***** Information supplied

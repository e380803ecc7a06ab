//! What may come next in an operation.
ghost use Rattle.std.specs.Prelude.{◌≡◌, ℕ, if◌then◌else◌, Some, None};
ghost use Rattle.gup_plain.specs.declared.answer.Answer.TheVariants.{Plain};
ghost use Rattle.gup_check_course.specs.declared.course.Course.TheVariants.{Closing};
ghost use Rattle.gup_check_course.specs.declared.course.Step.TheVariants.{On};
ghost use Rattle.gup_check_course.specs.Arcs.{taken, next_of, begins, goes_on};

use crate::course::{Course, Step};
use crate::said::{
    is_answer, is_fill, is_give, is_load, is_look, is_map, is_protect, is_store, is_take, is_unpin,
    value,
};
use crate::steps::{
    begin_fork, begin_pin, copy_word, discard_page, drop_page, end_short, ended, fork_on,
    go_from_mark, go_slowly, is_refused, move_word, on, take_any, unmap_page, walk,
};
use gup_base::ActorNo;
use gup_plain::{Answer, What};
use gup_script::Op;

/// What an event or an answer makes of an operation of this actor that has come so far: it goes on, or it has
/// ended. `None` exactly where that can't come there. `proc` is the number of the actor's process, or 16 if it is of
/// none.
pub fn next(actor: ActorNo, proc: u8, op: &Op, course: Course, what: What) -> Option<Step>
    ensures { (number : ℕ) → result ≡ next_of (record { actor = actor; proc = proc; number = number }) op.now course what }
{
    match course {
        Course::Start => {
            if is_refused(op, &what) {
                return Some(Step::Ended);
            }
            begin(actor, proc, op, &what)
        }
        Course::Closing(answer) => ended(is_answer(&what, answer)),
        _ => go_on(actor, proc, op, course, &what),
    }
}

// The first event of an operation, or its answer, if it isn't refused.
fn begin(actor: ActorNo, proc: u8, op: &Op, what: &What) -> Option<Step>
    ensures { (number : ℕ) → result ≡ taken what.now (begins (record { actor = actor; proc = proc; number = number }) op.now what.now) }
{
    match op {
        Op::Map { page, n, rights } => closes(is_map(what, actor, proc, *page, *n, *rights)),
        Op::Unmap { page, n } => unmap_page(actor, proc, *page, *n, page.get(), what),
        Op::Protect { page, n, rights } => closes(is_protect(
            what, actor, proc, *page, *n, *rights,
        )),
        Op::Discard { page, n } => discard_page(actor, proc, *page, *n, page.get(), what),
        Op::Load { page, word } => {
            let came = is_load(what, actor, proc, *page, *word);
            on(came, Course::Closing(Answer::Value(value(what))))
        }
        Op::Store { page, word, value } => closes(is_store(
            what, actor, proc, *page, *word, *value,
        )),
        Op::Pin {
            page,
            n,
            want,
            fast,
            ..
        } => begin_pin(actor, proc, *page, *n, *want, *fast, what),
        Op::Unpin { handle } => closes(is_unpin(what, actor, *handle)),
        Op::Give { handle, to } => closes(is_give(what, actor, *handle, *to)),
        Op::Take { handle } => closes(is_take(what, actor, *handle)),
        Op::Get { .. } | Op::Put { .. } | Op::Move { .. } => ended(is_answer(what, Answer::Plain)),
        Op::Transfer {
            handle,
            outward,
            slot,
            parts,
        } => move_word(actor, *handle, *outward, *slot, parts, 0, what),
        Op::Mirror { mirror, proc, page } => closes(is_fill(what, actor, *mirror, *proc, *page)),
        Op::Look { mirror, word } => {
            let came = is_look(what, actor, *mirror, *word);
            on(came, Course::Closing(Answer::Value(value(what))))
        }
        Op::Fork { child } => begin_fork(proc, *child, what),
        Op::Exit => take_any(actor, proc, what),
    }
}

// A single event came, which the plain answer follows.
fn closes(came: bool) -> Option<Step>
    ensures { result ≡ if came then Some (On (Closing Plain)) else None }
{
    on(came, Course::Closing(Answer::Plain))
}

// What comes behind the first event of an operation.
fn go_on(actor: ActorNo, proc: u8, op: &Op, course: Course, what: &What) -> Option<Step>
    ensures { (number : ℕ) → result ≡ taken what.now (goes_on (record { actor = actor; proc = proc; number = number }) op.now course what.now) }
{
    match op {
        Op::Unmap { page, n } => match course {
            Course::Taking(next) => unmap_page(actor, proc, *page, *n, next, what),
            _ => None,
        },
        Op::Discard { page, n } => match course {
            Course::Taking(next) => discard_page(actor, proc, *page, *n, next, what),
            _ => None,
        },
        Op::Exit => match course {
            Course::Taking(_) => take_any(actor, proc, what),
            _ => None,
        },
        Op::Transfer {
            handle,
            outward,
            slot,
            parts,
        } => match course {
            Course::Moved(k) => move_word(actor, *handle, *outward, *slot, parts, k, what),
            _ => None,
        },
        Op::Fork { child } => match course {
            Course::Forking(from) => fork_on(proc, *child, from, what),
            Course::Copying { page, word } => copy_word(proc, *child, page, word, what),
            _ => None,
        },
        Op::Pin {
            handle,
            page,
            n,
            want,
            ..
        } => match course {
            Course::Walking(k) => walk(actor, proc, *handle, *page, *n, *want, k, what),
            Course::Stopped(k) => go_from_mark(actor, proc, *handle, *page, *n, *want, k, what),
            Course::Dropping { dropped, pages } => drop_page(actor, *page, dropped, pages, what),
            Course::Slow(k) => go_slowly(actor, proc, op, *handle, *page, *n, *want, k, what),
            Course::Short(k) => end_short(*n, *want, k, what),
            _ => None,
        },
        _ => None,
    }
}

**********

◆ Work request
The full set of lines above should be retyped without a single change.

◆ Exercise output
repository e380803ecc7a06ab
//! What may come next in an operation.
ghost use Rattle.std.specs.Prelude.{◌≡◌, ℕ, if◌then◌else◌, Some, None};
ghost use Rattle.gup_plain.specs.declared.answer.Answer.TheVariants.{Plain};
ghost use Rattle.gup_check_course.specs.declared.course.Course.TheVariants.{Closing};
ghost use Rattle.gup_check_course.specs.declared.course.Step.TheVariants.{On};
ghost use Rattle.gup_check_course.specs.Arcs.{taken, next_of, begins, goes_on};

use crate::course::{Course, Step};
use crate::said::{
    is_answer, is_fill, is_give, is_load, is_look, is_map, is_protect, is_store, is_take, is_unpin,
    value,
};
use crate::steps::{
    begin_fork, begin_pin, copy_word, discard_page, drop_page, end_short, ended, fork_on,
    go_from_mark, go_slowly, is_refused, move_word, on, take_any, unmap_page, walk,
};
use gup_base::ActorNo;
use gup_plain::{Answer, What};
use gup_script::Op;

/// What an event or an answer makes of an operation of this actor that has come so far: it goes on, or it has
/// ended. `None` exactly where that can't come there. `proc` is the number of the actor's process, or 16 if it is of
/// none.
pub fn next(actor: ActorNo, proc: u8, op: &Op, course: Course, what: What) -> Option<Step>
    ensures { (number : ℕ) → result ≡ next_of (record { actor = actor; proc = proc; number = number }) op.now course what }
{
    match course {
        Course::Start => {
            if is_refused(op, &what) {
                return Some(Step::Ended);
            }
            begin(actor, proc, op, &what)
        }
        Course::Closing(answer) => ended(is_answer(&what, answer)),
        _ => go_on(actor, proc, op, course, &what),
    }
}

// The first event of an operation, or its answer, if it isn't refused.
fn begin(actor: ActorNo, proc: u8, op: &Op, what: &What) -> Option<Step>
    ensures { (number : ℕ) → result ≡ taken what.now (begins (record { actor = actor; proc = proc; number = number }) op.now what.now) }
{
    match op {
        Op::Map { page, n, rights } => closes(is_map(what, actor, proc, *page, *n, *rights)),
        Op::Unmap { page, n } => unmap_page(actor, proc, *page, *n, page.get(), what),
        Op::Protect { page, n, rights } => closes(is_protect(
            what, actor, proc, *page, *n, *rights,
        )),
        Op::Discard { page, n } => discard_page(actor, proc, *page, *n, page.get(), what),
        Op::Load { page, word } => {
            let came = is_load(what, actor, proc, *page, *word);
            on(came, Course::Closing(Answer::Value(value(what))))
        }
        Op::Store { page, word, value } => closes(is_store(
            what, actor, proc, *page, *word, *value,
        )),
        Op::Pin {
            page,
            n,
            want,
            fast,
            ..
        } => begin_pin(actor, proc, *page, *n, *want, *fast, what),
        Op::Unpin { handle } => closes(is_unpin(what, actor, *handle)),
        Op::Give { handle, to } => closes(is_give(what, actor, *handle, *to)),
        Op::Take { handle } => closes(is_take(what, actor, *handle)),
        Op::Get { .. } | Op::Put { .. } | Op::Move { .. } => ended(is_answer(what, Answer::Plain)),
        Op::Transfer {
            handle,
            outward,
            slot,
            parts,
        } => move_word(actor, *handle, *outward, *slot, parts, 0, what),
        Op::Mirror { mirror, proc, page } => closes(is_fill(what, actor, *mirror, *proc, *page)),
        Op::Look { mirror, word } => {
            let came = is_look(what, actor, *mirror, *word);
            on(came, Course::Closing(Answer::Value(value(what))))
        }
        Op::Fork { child } => begin_fork(proc, *child, what),
        Op::Exit => take_any(actor, proc, what),
    }
}

// A single event came, which the plain answer follows.
fn closes(came: bool) -> Option<Step>
    ensures { result ≡ if came then Some (On (Closing Plain)) else None }
{
    on(came, Course::Closing(Answer::Plain))
}

// What comes behind the first event of an operation.
fn go_on(actor: ActorNo, proc: u8, op: &Op, course: Course, what: &What) -> Option<Step>
    ensures { (number : ℕ) → result ≡ taken what.now (goes_on (record { actor = actor; proc = proc; number = number }) op.now course what.now) }
{
    match op {
        Op::Unmap { page, n } => match course {
            Course::Taking(next) => unmap_page(actor, proc, *page, *n, next, what),
            _ => None,
        },
        Op::Discard { page, n } => match course {
            Course::Taking(next) => discard_page(actor, proc, *page, *n, next, what),
            _ => None,
        },
        Op::Exit => match course {
            Course::Taking(_) => take_any(actor, proc, what),
            _ => None,
        },
        Op::Transfer {
            handle,
            outward,
            slot,
            parts,
        } => match course {
            Course::Moved(k) => move_word(actor, *handle, *outward, *slot, parts, k, what),
            _ => None,
        },
        Op::Fork { child } => match course {
            Course::Forking(from) => fork_on(proc, *child, from, what),
            Course::Copying { page, word } => copy_word(proc, *child, page, word, what),
            _ => None,
        },
        Op::Pin {
            handle,
            page,
            n,
            want,
            ..
        } => match course {
            Course::Walking(k) => walk(actor, proc, *handle, *page, *n, *want, k, what),
            Course::Stopped(k) => go_from_mark(actor, proc, *handle, *page, *n, *want, k, what),
            Course::Dropping { dropped, pages } => drop_page(actor, *page, dropped, pages, what),
            Course::Slow(k) => go_slowly(actor, proc, op, *handle, *page, *n, *want, k, what),
            Course::Short(k) => end_short(*n, *want, k, what),
            _ => None,
        },
        _ => None,
    }
}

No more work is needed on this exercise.